I am so sorry this happened to you.....


----------



## Lilly521 (May 29, 2004)

Sorry to hear all this happened....did you ever get another puppy, for a differnt person of course?


----------



## miko's mommy (Feb 8, 2005)

That's unfortunate that you won't get that money back (for shipping). You should definitely report her and post this info where ever you can. Are you planning to get another puppy (I am just curious)?


----------



## littlepeanut (Dec 5, 2004)

Sorry all this happened. It's terrible. I'm glad you got your money back from the dog, but you should have gotten the refund for the shipping too. I guess now this is all over, and you can finally put it totally behind you.


----------



## saltymalty (Sep 14, 2004)

I would also send a letter to the airline involved. Maybe they'll refuse to deal with her in the future.


----------



## Chelsey (Dec 17, 2004)

Regarding the BBB.. I'm in canada. What I did when a small company tried to rip me off with my computer was, I called the company and told them I would report them to BBB. Of course that did not help. So I went home wrote all the details up and made 4 copies. I sent one copy to BBB one to the company letting them know I reported them and an other to a tv new statation that deal with these type of rip off artist. Last copy was for me.

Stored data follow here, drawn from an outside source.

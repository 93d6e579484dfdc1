// The worked cases of request 3/14, each as Bound's four numbers: where either total is the smaller, where vertex 0 is a header, and where a loop holds
// several early functions and an inner loop. Then totals next to the limit. Layouts are empty, so that each function has a region of its own.
#![tactic(auto)]

use model::Problem;
use prints::{number, text};
use std::io;
use std::io::Write;

fn bounded(out: &mut impl Write, title: &[u8], problem: Problem) -> io::Result<()> {
    text(out, title)?;
    let answer = bound::bound(problem, b"");
    match answer {
        Ok(b) => {
            number(out, b"\nneed ", b.need.0)?;
            number(out, b"\ncharged ", b.contested as u64)?;
            number(out, b"\nfirst ", b.first.0)?;
            number(out, b"\nbound ", b.bound.0)?;
        }
        Err(f) => {
            prints::placed(out, b"\nrefused ", f.number(), f.place())?;
        }
    }
    text(out, b"\n")
}

// A walk enters the loop where it starts, and pays there.
fn header_at_start(out: &mut impl Write) -> io::Result<()> {
    let functions = [1, 1, 5, 0];
    let vertices = [2, 0, 1, 0, 1];
    let edges = [2, 0, 0, 0, 1];
    let problem = samples::problem(1, &functions, &vertices, &edges, &[1, 0, 0, 2]);
    bounded(out, b"vertex 0 is a header:", problem)
}

// The outer loop's entry pays for functions 1 and 2, the inner loop's for nothing.
fn inner_loop(out: &mut impl Write) -> io::Result<()> {
    let functions = [3, 1, 5, 0, 1, 3, 0, 1, 4, 0];
    let vertices = [5, 0, 1, 0, 1, 1, 1, 2, 1, 0, 1];
    let edges = [6, 0, 1, 1, 2, 1, 4, 2, 2, 2, 3, 3, 1];
    let loops = [2, 1, 3, 2, 2, 2, 3];
    let problem = samples::problem(3, &functions, &vertices, &edges, &loops);
    bounded(out, b"an inner loop:", problem)
}

// Three nested loops from vertex 0 on, of 10^18 - 4,000 cycles in all, and then a branch through function 1 or 2, whose load costs are 4 and 3. If the
// vertex that joins them is of function 0, the second total is the smaller, by 3; if it is of function 1, document 01's is, by 1.
fn near_limit(out: &mut impl Write, title: &[u8], joins: u64, cost: u64) -> io::Result<()> {
    let functions = [3, 1, 5, 0, 1, 4, 0, 1, 3, 0];
    let vertices = [6, 0, 3999, 0, 3999, 0, 15624999, 1, 0, 2, 0, joins, cost];
    let edges = [9, 0, 1, 1, 2, 2, 0, 2, 1, 2, 2, 2, 3, 2, 4, 3, 5, 4, 5];
    let loops = [3, 0, 2, 4000, 1, 2, 4000, 2, 2, 4000];
    let problem = samples::problem(3, &functions, &vertices, &edges, &loops);
    bounded(out, title, problem)
}

fn main(rt: HostRuntime) -> io::Result<()> {
    let mut out = io::writer(&rt);
    bounded(&mut out, b"one of two helpers:", samples::one_of_two())?;
    bounded(
        &mut out,
        b"met before a loop and in it:",
        samples::met_twice(),
    )?;
    header_at_start(&mut out)?;
    inner_loop(&mut out)?;
    near_limit(&mut out, b"document 01's total past the limit:", 0, 3991)?;
    near_limit(&mut out, b"both past it:", 0, 3992)?;
    near_limit(&mut out, b"the second total past the limit:", 1, 3988)?;
    near_limit(&mut out, b"both past it:", 1, 3989)
}
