//! Bodies as they come.
ghost use Rattle.std.specs.Prelude.{◌≡◌, IfOk, option_map};
ghost use Rattle.serde_json.specs.View.{view};
ghost use Rattle.sent_objects.specs.Brief.{brief};
ghost use Rattle.sent_objects.specs.Object.{no_object};
ghost use Rattle.site_lists.specs.Paging.{value_in};
ghost use Rattle.edit_bodies.specs.Bodies.{form_of, object_in, sent, sent_of};

use content_rows::Text;
use edit_paths::Reads;
use sent_objects::SentObject;
use serde_json::Value;
use site_lists::query_value;
use std::alloc::{AllocError, Global};

/// What the body of a request says.
#[derive(Drop)]
pub enum Body {
    /// Nothing that is read.
    Nothing,
    /// An object of JSON.
    Object(SentObject),
    /// A form.
    Form(Form),
}

/// The fields of a form that somebody logs in with: of each the first, decoded, whatever its bytes.
/// <https://url.spec.whatwg.org/#application/x-www-form-urlencoded>
#[derive(Drop)]
pub struct Form {
    /// The value of `name`, where it is there.
    pub name: Option<Text>,
    /// The value of `pass`, where it is there.
    pub pass: Option<Text>,
}

/// What the bytes of a body say, by what is read of them. `Ok(None)` exactly where an object of JSON
/// is to be read and they are none (RFC 8259): no UTF-8, no JSON, more than 127 deep, or another
/// value. `Err` only where memory is wanting.
#[tactic(auto, unfolding(crate::specs::Bodies::sent, crate::specs::Bodies::sent_of))]
pub fn body_of(alloc: Global, reads: Reads, bytes: &[u8]) -> Result<Option<Body>, AllocError>
    ensures { IfOk result (λ body. option_map sent_of body ≡ sent reads bytes.now) }
{
    match reads {
        Reads::Nothing => Ok(Some(Body::Nothing)),
        Reads::Json => match SentObject::from_slice(alloc, bytes)? {
            Some(object) => Ok(Some(Body::Object(object))),
            None => Ok(None),
        },
        Reads::Form => Ok(Some(Body::Form(form_of(alloc, bytes)?))),
    }
}

/// The fields of a form.
fn form_of(alloc: Global, bytes: &[u8]) -> Result<Form, AllocError>
    ensures { IfOk result (λ form. form ≡ form_of bytes.now) }
{
    Ok(Form {
        name: first_value(alloc, bytes, b"name")?,
        pass: first_value(alloc, bytes, b"pass")?,
    })
}

/// The first value of a name in a form.
fn first_value(alloc: Global, bytes: &[u8], name: &[u8]) -> Result<Option<Text>, AllocError>
    ensures { IfOk result (λ value. value ≡ value_in bytes.now name.now) }
{
    match query_value(alloc, bytes, name)? {
        Some(value) => Ok(Some(Text::from_vec(value))),
        None => Ok(None),
    }
}

/// The object that a body is, in brief; of one that is none an empty one.
pub(crate) fn brief_in<'a>(body: &'a Body, empty: &'a Value) -> &'a Value
    requires { view empty.now ≡ no_object }
    ensures { view result.now ≡ brief (object_in body.now) }
{
    match body {
        Body::Object(object) => object.brief(),
        _ => empty,
    }
}
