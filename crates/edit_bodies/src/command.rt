//! Edits as commands.
ghost use Rattle.std.specs.Prelude.{◌≡◌, IfOk};
ghost use Rattle.serde_json.specs.View.{view};
ghost use Rattle.site_commands.specs.Right.{IsRight};
ghost use Rattle.edit_bodies.specs.Bodies.{object_in, form_in, sent_of};
ghost use Rattle.edit_bodies.specs.Commands.{
  words_or,
  salt_in,
  credentials,
  node_creation,
  node_change,
  term_change,
  user_creation,
  user_change,
  comment_creation,
  comment_change,
  command_at,
  command_in,
  draws,
};

use crate::body::{Body, brief_in};
use crate::keys::{has, node_keys, node_type_in, user_keys};
use crate::words::{Words, digits_of};
use body_kinds::{
    comment_patch, config_row, new_comment, new_node, new_term, new_user, node_patch, settings_row,
    term_patch, user_patch,
};
use cacheability::Name;
use content_rows::Duplicate;
use edit_paths::Edit;
use json_keys::walk;
use serde_json::{Map, Value};
use site_commands::{
    Command, CommentChange, CommentCreation, Credentials, NodeChange, NodeCreation, TermChange,
    UserChange, UserCreation,
};
use std::alloc::{AllocError, Global};

/// Whether an edit takes two words of chance: to log in, and to make or to change a user with the key
/// `pass`, whatever its value. It takes no memory.
#[tactic(auto, unfolding(crate::specs::Bodies::sent_of, crate::specs::Commands::draws))]
pub fn draws(edit: &Edit, body: &Body) -> bool
    ensures { result ≡ draws edit.now (sent_of body.now) }
{
    match (edit, body) {
        (Edit::Login, _) => true,
        (Edit::CreateUser, Body::Object(object)) => has(object.brief(), "pass"),
        (Edit::ChangeUser(_), Body::Object(object)) => has(object.brief(), "pass"),
        _ => false,
    }
}

/// The command that an edit with a body is. Where the edit takes words of chance and none are given,
/// they are 0. A body that is not what the edit reads counts as an empty one. `Err` only where memory
/// is wanting.
#[tactic(auto, unfolding(crate::specs::Bodies::sent_of, crate::specs::Commands::command_in))]
pub fn command_of(
    alloc: Global,
    edit: &Edit,
    body: &Body,
    words: Option<Words>,
) -> Result<Command, AllocError>
    ensures same { IfOk result (λ c. c ≡ command_in edit.now (sent_of body.now) words) }
    ensures right { IfOk result IsRight }
{
    let empty = Value::Object(Map::new(alloc));
    let value = brief_in(body, &empty);
    walk(value);
    command_at(alloc, edit, value, body, words)
}

/// The command that an edit with an object is, or with the form that a body is.
fn command_at(
    alloc: Global,
    edit: &Edit,
    value: &Value,
    body: &Body,
    words: Option<Words>,
) -> Result<Command, AllocError>
    ensures { IfOk result (λ c. c ≡ command_at edit.now (view value.now) (form_in body.now) words) }
{
    Ok(match edit {
        Edit::CreateNode => Command::CreateNode(node_creation(alloc, value)?),
        Edit::ChangeNode(nid) => Command::ChangeNode(node_change(alloc, *nid, value)?),
        Edit::RemoveNode(nid) => Command::RemoveNode(*nid),
        Edit::CreateTerm => Command::CreateTerm(new_term(alloc, value)?),
        Edit::ChangeTerm(tid) => Command::ChangeTerm(term_change(alloc, *tid, value)?),
        Edit::RemoveTerm(tid) => Command::RemoveTerm(*tid),
        Edit::CreateUser => Command::CreateUser(user_creation(alloc, value, words)?),
        Edit::ChangeUser(uid) => Command::ChangeUser(user_change(alloc, *uid, value, words)?),
        Edit::Set(kind, name) => Command::Set(*kind, *name, config_row(alloc, *kind, value)?),
        Edit::Remove(kind, name) => Command::Remove(*kind, *name),
        Edit::SetSite => Command::SetSite(settings_row(alloc, value)?),
        Edit::Login => Command::Login(credentials(alloc, body, words)?),
        Edit::Logout => Command::Logout,
        Edit::Rebuild => Command::Rebuild,
        Edit::CreateComment(nid) => Command::CreateComment(comment_creation(alloc, *nid, value)?),
        Edit::ChangeComment(cid) => Command::ChangeComment(comment_change(alloc, *cid, value)?),
        Edit::RemoveComment(cid) => Command::RemoveComment(*cid),
    })
}

/// To make a node.
fn node_creation(alloc: Global, value: &Value) -> Result<NodeCreation, AllocError>
    ensures { IfOk result (λ asked. asked ≡ node_creation (view value.now)) }
{
    Ok(NodeCreation {
        node_type: node_type_in(value),
        keys: node_keys(alloc, value)?,
        body: new_node(alloc, value)?,
    })
}

/// To change a node.
fn node_change(alloc: Global, nid: Option<u32>, value: &Value) -> Result<NodeChange, AllocError>
    ensures { IfOk result (λ asked. asked ≡ node_change nid (view value.now)) }
{
    Ok(NodeChange {
        nid,
        keys: node_keys(alloc, value)?,
        body: node_patch(alloc, value)?,
    })
}

/// To change a term.
fn term_change(alloc: Global, tid: Option<u32>, value: &Value) -> Result<TermChange, AllocError>
    ensures { IfOk result (λ asked. asked ≡ term_change tid (view value.now)) }
{
    Ok(TermChange {
        tid,
        body: term_patch(alloc, value)?,
    })
}

/// To comment on a node.
fn comment_creation(
    alloc: Global,
    nid: Option<u32>,
    value: &Value,
) -> Result<CommentCreation, AllocError>
    ensures { IfOk result (λ asked. asked ≡ comment_creation nid (view value.now)) }
{
    Ok(CommentCreation {
        nid,
        body: new_comment(alloc, value)?,
    })
}

/// To change a comment.
fn comment_change(
    alloc: Global,
    cid: Option<u32>,
    value: &Value,
) -> Result<CommentChange, AllocError>
    ensures { IfOk result (λ asked. asked ≡ comment_change cid (view value.now)) }
{
    Ok(CommentChange {
        cid,
        status: has(value, "status"),
        body: comment_patch(alloc, value)?,
    })
}

/// To make a user.
fn user_creation(
    alloc: Global,
    value: &Value,
    words: Option<Words>,
) -> Result<UserCreation, AllocError>
    ensures { IfOk result (λ asked. asked ≡ user_creation (view value.now) words) }
{
    Ok(UserCreation {
        keys: user_keys(value),
        salt: salt_in(value, words),
        body: new_user(alloc, value)?,
    })
}

/// To change a user.
fn user_change(
    alloc: Global,
    uid: Option<u32>,
    value: &Value,
    words: Option<Words>,
) -> Result<UserChange, AllocError>
    ensures { IfOk result (λ asked. asked ≡ user_change uid (view value.now) words) }
{
    Ok(UserChange {
        uid,
        keys: user_keys(value),
        salt: salt_in(value, words),
        body: user_patch(alloc, value)?,
    })
}

/// The salt of a new password, where the key `pass` stands in the object.
fn salt_in(value: &Value, words: Option<Words>) -> Option<Name>
    ensures { result ≡ salt_in (view value.now) words }
{
    if has(value, "pass") {
        Some(digits_of(words_or(words)))
    } else {
        None
    }
}

/// What somebody logs in with.
fn credentials(alloc: Global, body: &Body, words: Option<Words>) -> Result<Credentials, AllocError>
    ensures { IfOk result (λ asked. asked ≡ credentials (form_in body.now) words) }
{
    let token = digits_of(words_or(words));
    match body {
        Body::Form(form) => Ok(Credentials {
            name: form.name.duplicate(alloc)?,
            pass: form.pass.duplicate(alloc)?,
            token,
        }),
        _ => Ok(Credentials {
            name: None,
            pass: None,
            token,
        }),
    }
}

/// The words that were drawn.
fn words_or(words: Option<Words>) -> Words
    ensures { result ≡ words_or words }
{
    match words {
        Some(words) => words,
        None => Words {
            first: 0,
            second: 0,
        },
    }
}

The BBB wrot eme back and informed me the companu was notified. Within one week the company contacted me and replaced my computer with a brand new one with all the specifications I asked for. 
With in one year he was out of business.


----------



## ourprettytessa (Apr 9, 2005)

> _Originally posted by Lilly521_@May 19 2005, 03:17 PM
> *Sorry to hear all this happened....did you ever get another puppy, for a differnt person of course?
> <div align="right">index.php?act=findpost&pid=63590*


[/QUOTE]


no, i never got another puppy! the whole situation was so stressful. also, i have learned so much at spoiled maltese that i decided i would wait a year or two and buy one then. i love my little tessa, she is such a sweetheart!


----------



## ourprettytessa (Apr 9, 2005)

> _Originally posted by saltymalty_@May 19 2005, 04:56 PM
> *I would also send a letter to the airline involved.  Maybe they'll refuse to deal with her in the future.
> <div align="right">index.php?act=findpost&pid=63623*


[/QUOTE]

good idea salty malty!!!!!!!


----------



## abbey (Apr 4, 2005)

Tessa's Mom - That is awful! I would definately at least try to do what I could to let others know to not buy from her. You definately should have been refunded shipping costs due to the fact it was not "what you ordered" plus a sick puppy at that!







Good Luck!


----------



## miss emily (Dec 7, 2005)

I had a problem with Emmy being older than what I paid for. I was purchasing her from Jennifer Siliski, and had paind for a 12 week old pup. Whe I went to the airport, I picked up what was almost a 5 month old pup. When I called her, I got the "too bad" response. 4 years later, the crook got all her dogs taken from her. I guess what I am saying is, file your complaint. It probably won't be the only one this woman gets, and then perhaps at some point she will be put out of business.


----------



## danah (Jan 8, 2005)

I am sorry you had to go through all of this, I do agree with reporting her. She needs to be stopped and put out of business.


----------



## Terri (Jan 26, 2005)

If you know someone who is computer savvy (which I'm not!) you can run a trace on her by the emails she sent you. And I would definately phone your local tv station and get them to do a consumer watch on her. We are in the process of building a house and our local station did a story on one of the builders in our city and they have lost a lot of business due to their unethical practices!


----------



## Kisses-4-Princess (Dec 4, 2005)

It must be frustating, sorry you have to deal with this, but you should be entitled to the refund for these charges. You can also report her to the registry that she uses for her puppies. Most of these registries will also send a letter to her stating the problem and may revoke her registration priviledges if there are enough complaints. You can also take her to small claims court. Tell her you will also sue her for fraud, misrepresention etc. You can report her to the BBB and the courts under the name you know her as, "doing business as." Tell her you will post this story on the internet so anytime someone does a search on her or her business they will get this story. 
Good luck!


----------



## puppylucy (Jan 8, 2005)

lol before anyone gets all upset over this -

it happened back in may







check the dates


----------



## carrie (Aug 24, 2004)

> lol before anyone gets all upset over this -
> 
> it happened back in may
> 
> ...


lol....that happens a lot.....


----------